▶ **What needs to be done**
Write all of the entries out again exactly.
┌──
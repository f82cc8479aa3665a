//! Whether a schema is that of the desk's tables.
ghost use Rattle.std.specs.Prelude.{◌≡◌, ◌↔◌, ◌≤◌, ◌∷◌, [], length, map, take, IsTrue, None};
ghost use Rattle.sqlite_value.specs.Keys.{plain};
ghost use Rattle.table_store.specs.Schema.{column_of, table_of, all_names, kept_index, desk_schema, old_schema, no_stamps};
ghost use Rattle.table_store.specs.Shape.{IsNumbered, IsWorded, HasNoRule, IsNamed, IsKeyed, HasParts, HasKeptIndex};

use crate::name::TableName;
use sqlite_items::Items;
use sqlite_schema::code::Terms;
use sqlite_schema::schema::{Column, Index, Kind, Schema, Stamps, Table};
use sqlite_value::keys::{Collation, Order};
use sqlite_value::value::Value;

/// Whether there are no terms.
fn has_no_term(terms: &Terms) -> bool
    ensures { IsTrue result ↔ (terms.now ≡ []) }
{
    terms.roots.is_empty()
}

/// Whether it is a value of no kind.
fn is_absent(value: &Value) -> bool
    ensures { IsTrue result ↔ (value.now ≡ Value.Null) }
{
    match value {
        Value::Null => true,
        _ => false,
    }
}

/// Whether the column is this one, of a STRICT table and without a default.
fn is_column(column: &Column, name: &str, kind: Kind, not_null: bool) -> bool
    ensures { IsTrue result ↔ (column.now ≡ column_of kind not_null name.now) }
{
    column.name.as_slice() == name.as_bytes()
        && column.kind == kind
        && column.not_null == not_null
        && column.is_strict
        && column.collation == Collation::Binary
        && is_absent(&column.default)
}

/// Whether the columns are these.
fn are_columns(columns: &[Column], wanted: &[(&str, Kind, bool)]) -> bool
    ensures { IsTrue result ↔ (columns.now ≡ map (λ w. column_of w.1 w.2 w.0.now) wanted.now) }
{
    if columns.len() != wanted.len() {
        return false;
    }
    for at in 0..columns.len() {
        let (name, kind, not_null) = wanted[at];
        if !is_column(&columns[at], name, kind, not_null) {
            return false;
        }
    }
    true
}

/// Whether the numbers are these.
fn are_places(places: &Items<usize>, wanted: &[usize]) -> bool
    ensures { IsTrue result ↔ (places.now ≡ wanted.now) }
{
    places.as_slice() == wanted
}

/// Whether the rows stand under a whole number, which is the first column.
fn is_numbered(table: &Table) -> bool
    ensures { IsTrue result ↔ IsNumbered table.now }
{
    table.key == Some(0)
        && are_places(&table.primary, &[0])
        && table.uniques.is_empty()
        && table.orders.is_empty()
}

/// Whether there is one list of places, which is this one.
fn is_only(uniques: &Items<Items<usize>>, wanted: &[usize]) -> bool
    ensures { IsTrue result ↔ (uniques.now ≡ wanted.now ∷ []) }
{
    match uniques.as_slice() {
        [places] => are_places(places, wanted),
        _ => false,
    }
}

/// Whether there is one order, by bytes from the least.
fn is_plain(orders: &Items<Order>) -> bool
    ensures { IsTrue result ↔ (orders.now ≡ plain ∷ []) }
{
    match orders.as_slice() {
        [order] => *order == Order::PLAIN,
        _ => false,
    }
}

/// Whether the rows stand under a word, which is the first column.
fn is_worded(table: &Table) -> bool
    ensures { IsTrue result ↔ IsWorded table.now }
{
    table.key.is_none()
        && are_places(&table.primary, &[1])
        && is_only(&table.uniques, &[1])
        && is_plain(&table.orders)
}

/// Whether no default reads the time.
fn has_no_stamp(stamps: &Stamps) -> bool
    ensures { IsTrue result ↔ (stamps.now ≡ no_stamps) }
{
    stamps.places.is_empty() && has_no_term(&stamps.terms) && stamps.formats.is_empty()
}

/// Whether the table has no rule besides its key and its columns.
fn has_no_rule(table: &Table) -> bool
    ensures { IsTrue result ↔ HasNoRule table.now }
{
    has_no_term(&table.checks)
        && table.references.is_empty()
        && table.computed.is_empty()
        && has_no_stamp(&table.stamps)
        && !table.is_counted
}

/// Whether the table has this name and tree, and the columns that go with them.
fn is_named(table: &Table, name: TableName) -> bool
    ensures { IsTrue result ↔ IsNamed name table.now }
{
    table.name.as_slice() == name.name().as_bytes()
        && table.tree == name.tree()
        && are_columns(table.columns.as_slice(), name.columns())
}

/// Whether the table stands under what its name says.
fn is_keyed(table: &Table, name: TableName) -> bool
    ensures { IsTrue result ↔ IsKeyed name table.now }
{
    match name {
        TableName::Kept => is_worded(table),
        _ => is_numbered(table),
    }
}

/// Whether each part of the table is that of the table of this name.
fn has_parts(table: &Table, name: TableName) -> bool
    ensures { IsTrue result ↔ HasParts name table.now }
{
    is_named(table, name) && is_keyed(table, name) && has_no_rule(table)
}

/// Whether the table is the one of this name.
fn is_table(table: &Table, name: TableName) -> bool
    ensures { IsTrue result ↔ (table.now ≡ table_of name) }
{
    has_parts(table, name)
}

/// Whether the index is that of the words of `kept`.
fn is_kept_index(index: &Index) -> bool
    ensures { IsTrue result ↔ (index.now ≡ kept_index) }
{
    index.name.as_slice() == "sqlite_autoindex_kept_1".as_bytes()
        && index.tree == 13
        && index.table == 12
        && are_places(&index.columns, &[1])
        && index.order == Order::PLAIN
        && index.is_unique
}

/// Whether the only index is that of the words of `kept`, and there is no view.
fn has_kept_index(schema: &Schema) -> bool
    ensures { IsTrue result ↔ HasKeptIndex schema.now }
{
    match schema.indexes.as_slice() {
        [index] => is_kept_index(index) && schema.views.is_empty(),
        _ => false,
    }
}

/// The first of so many tables that isn't the one that stands at its place, if there is one.
fn first_odd(tables: &[Table], count: usize) -> Option<TableName>
    requires all { length tables.now ≡ count }
    requires known { count ≤ 14 }
    ensures { (result ≡ None) ↔ (tables.now ≡ map table_of (take count all_names)) }
{
    for place in 0..count {
        let name = TableName::at(place);
        if !is_table(&tables[place], name) {
            return Some(name);
        }
    }
    None
}

/// A table of the desk's that isn't as it should be, if there is one.
pub(crate) fn odd_table(schema: &Schema) -> Option<TableName>
    ensures { (result ≡ None) ↔ (schema.now ≡ desk_schema) }
{
    if schema.tables.len() != 14 {
        return Some(TableName::Meta);
    }
    match first_odd(schema.tables.as_slice(), 14) {
        Some(name) => Some(name),
        None if has_kept_index(schema) => None,
        None => Some(TableName::Kept),
    }
}

/// Whether the tables are those of version 1.
pub(crate) fn is_old(schema: &Schema) -> bool
    ensures { IsTrue result ↔ (schema.now ≡ old_schema) }
{
    schema.tables.len() == 13
        && first_odd(schema.tables.as_slice(), 13).is_none()
        && has_kept_index(schema)
}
└──
▶ **Result**
repository f82cc8479aa3665a
//! Whether a schema is that of the desk's tables.
ghost use Rattle.std.specs.Prelude.{◌≡◌, ◌↔◌, ◌≤◌, ◌∷◌, [], length, map, take, IsTrue, None};
ghost use Rattle.sqlite_value.specs.Keys.{plain};
ghost use Rattle.table_store.specs.Schema.{column_of, table_of, all_names, kept_index, desk_schema, old_schema, no_stamps};
ghost use Rattle.table_store.specs.Shape.{IsNumbered, IsWorded, HasNoRule, IsNamed, IsKeyed, HasParts, HasKeptIndex};

use crate::name::TableName;
use sqlite_items::Items;
use sqlite_schema::code::Terms;
use sqlite_schema::schema::{Column, Index, Kind, Schema, Stamps, Table};
use sqlite_value::keys::{Collation, Order};
use sqlite_value::value::Value;

/// Whether there are no terms.
fn has_no_term(terms: &Terms) -> bool
    ensures { IsTrue result ↔ (terms.now ≡ []) }
{
    terms.roots.is_empty()
}

/// Whether it is a value of no kind.
fn is_absent(value: &Value) -> bool
    ensures { IsTrue result ↔ (value.now ≡ Value.Null) }
{
    match value {
        Value::Null => true,
        _ => false,
    }
}

/// Whether the column is this one, of a STRICT table and without a default.
fn is_column(column: &Column, name: &str, kind: Kind, not_null: bool) -> bool
    ensures { IsTrue result ↔ (column.now ≡ column_of kind not_null name.now) }
{
    column.name.as_slice() == name.as_bytes()
        && column.kind == kind
        && column.not_null == not_null
        && column.is_strict
        && column.collation == Collation::Binary
        && is_absent(&column.default)
}

/// Whether the columns are these.
fn are_columns(columns: &[Column], wanted: &[(&str, Kind, bool)]) -> bool
    ensures { IsTrue result ↔ (columns.now ≡ map (λ w. column_of w.1 w.2 w.0.now) wanted.now) }
{
    if columns.len() != wanted.len() {
        return false;
    }
    for at in 0..columns.len() {
        let (name, kind, not_null) = wanted[at];
        if !is_column(&columns[at], name, kind, not_null) {
            return false;
        }
    }
    true
}

/// Whether the numbers are these.
fn are_places(places: &Items<usize>, wanted: &[usize]) -> bool
    ensures { IsTrue result ↔ (places.now ≡ wanted.now) }
{
    places.as_slice() == wanted
}

/// Whether the rows stand under a whole number, which is the first column.
fn is_numbered(table: &Table) -> bool
    ensures { IsTrue result ↔ IsNumbered table.now }
{
    table.key == Some(0)
        && are_places(&table.primary, &[0])
        && table.uniques.is_empty()
        && table.orders.is_empty()
}

/// Whether there is one list of places, which is this one.
fn is_only(uniques: &Items<Items<usize>>, wanted: &[usize]) -> bool
    ensures { IsTrue result ↔ (uniques.now ≡ wanted.now ∷ []) }
{
    match uniques.as_slice() {
        [places] => are_places(places, wanted),
        _ => false,
    }
}

/// Whether there is one order, by bytes from the least.
fn is_plain(orders: &Items<Order>) -> bool
    ensures { IsTrue result ↔ (orders.now ≡ plain ∷ []) }
{
    match orders.as_slice() {
        [order] => *order == Order::PLAIN,
        _ => false,
    }
}

/// Whether the rows stand under a word, which is the first column.
fn is_worded(table: &Table) -> bool
    ensures { IsTrue result ↔ IsWorded table.now }
{
    table.key.is_none()
        && are_places(&table.primary, &[1])
        && is_only(&table.uniques, &[1])
        && is_plain(&table.orders)
}

/// Whether no default reads the time.
fn has_no_stamp(stamps: &Stamps) -> bool
    ensures { IsTrue result ↔ (stamps.now ≡ no_stamps) }
{
    stamps.places.is_empty() && has_no_term(&stamps.terms) && stamps.formats.is_empty()
}

/// Whether the table has no rule besides its key and its columns.
fn has_no_rule(table: &Table) -> bool
    ensures { IsTrue result ↔ HasNoRule table.now }
{
    has_no_term(&table.checks)
        && table.references.is_empty()
        && table.computed.is_empty()
        && has_no_stamp(&table.stamps)
        && !table.is_counted
}

/// Whether the table has this name and tree, and the columns that go with them.
fn is_named(table: &Table, name: TableName) -> bool
    ensures { IsTrue result ↔ IsNamed name table.now }
{
    table.name.as_slice() == name.name().as_bytes()
        && table.tree == name.tree()
        && are_columns(table.columns.as_slice(), name.columns())
}

/// Whether the table stands under what its name says.
fn is_keyed(table: &Table, name: TableName) -> bool
    ensures { IsTrue result ↔ IsKeyed name table.now }
{
    match name {
        TableName::Kept => is_worded(table),
        _ => is_numbered(table),
    }
}

/// Whether each part of the table is that of the table of this name.
fn has_parts(table: &Table, name: TableName) -> bool
    ensures { IsTrue result ↔ HasParts name table.now }
{
    is_named(table, name) && is_keyed(table, name) && has_no_rule(table)
}

/// Whether the table is the one of this name.
fn is_table(table: &Table, name: TableName) -> bool
    ensures { IsTrue result ↔ (table.now ≡ table_of name) }
{
    has_parts(table, name)
}

/// Whether the index is that of the words of `kept`.
fn is_kept_index(index: &Index) -> bool
    ensures { IsTrue result ↔ (index.now ≡ kept_index) }
{
    index.name.as_slice() == "sqlite_autoindex_kept_1".as_bytes()
        && index.tree == 13
        && index.table == 12
        && are_places(&index.columns, &[1])
        && index.order == Order::PLAIN
        && index.is_unique
}

/// Whether the only index is that of the words of `kept`, and there is no view.
fn has_kept_index(schema: &Schema) -> bool
    ensures { IsTrue result ↔ HasKeptIndex schema.now }
{
    match schema.indexes.as_slice() {
        [index] => is_kept_index(index) && schema.views.is_empty(),
        _ => false,
    }
}

/// The first of so many tables that isn't the one that stands at its place, if there is one.
fn first_odd(tables: &[Table], count: usize) -> Option<TableName>
    requires all { length tables.now ≡ count }
    requires known { count ≤ 14 }
    ensures { (result ≡ None) ↔ (tables.now ≡ map table_of (take count all_names)) }
{
    for place in 0..count {
        let name = TableName::at(place);
        if !is_table(&tables[place], name) {
            return Some(name);
        }
    }
    None
}

/// A table of the desk's that isn't as it should be, if there is one.
pub(crate) fn odd_table(schema: &Schema) -> Option<TableName>
    ensures { (result ≡ None) ↔ (schema.now ≡ desk_schema) }
{
    if schema.tables.len() != 14 {
        return Some(TableName::Meta);
    }
    match first_odd(schema.tables.as_slice(), 14) {
        Some(name) => Some(name),
        None if has_kept_index(schema) => None,
        None => Some(TableName::Kept),
    }
}

/// Whether the tables are those of version 1.
pub(crate) fn is_old(schema: &Schema) -> bool
    ensures { IsTrue result ↔ (schema.now ≡ old_schema) }
{
    schema.tables.len() == 13
        && first_odd(schema.tables.as_slice(), 13).is_none()
        && has_kept_index(schema)
}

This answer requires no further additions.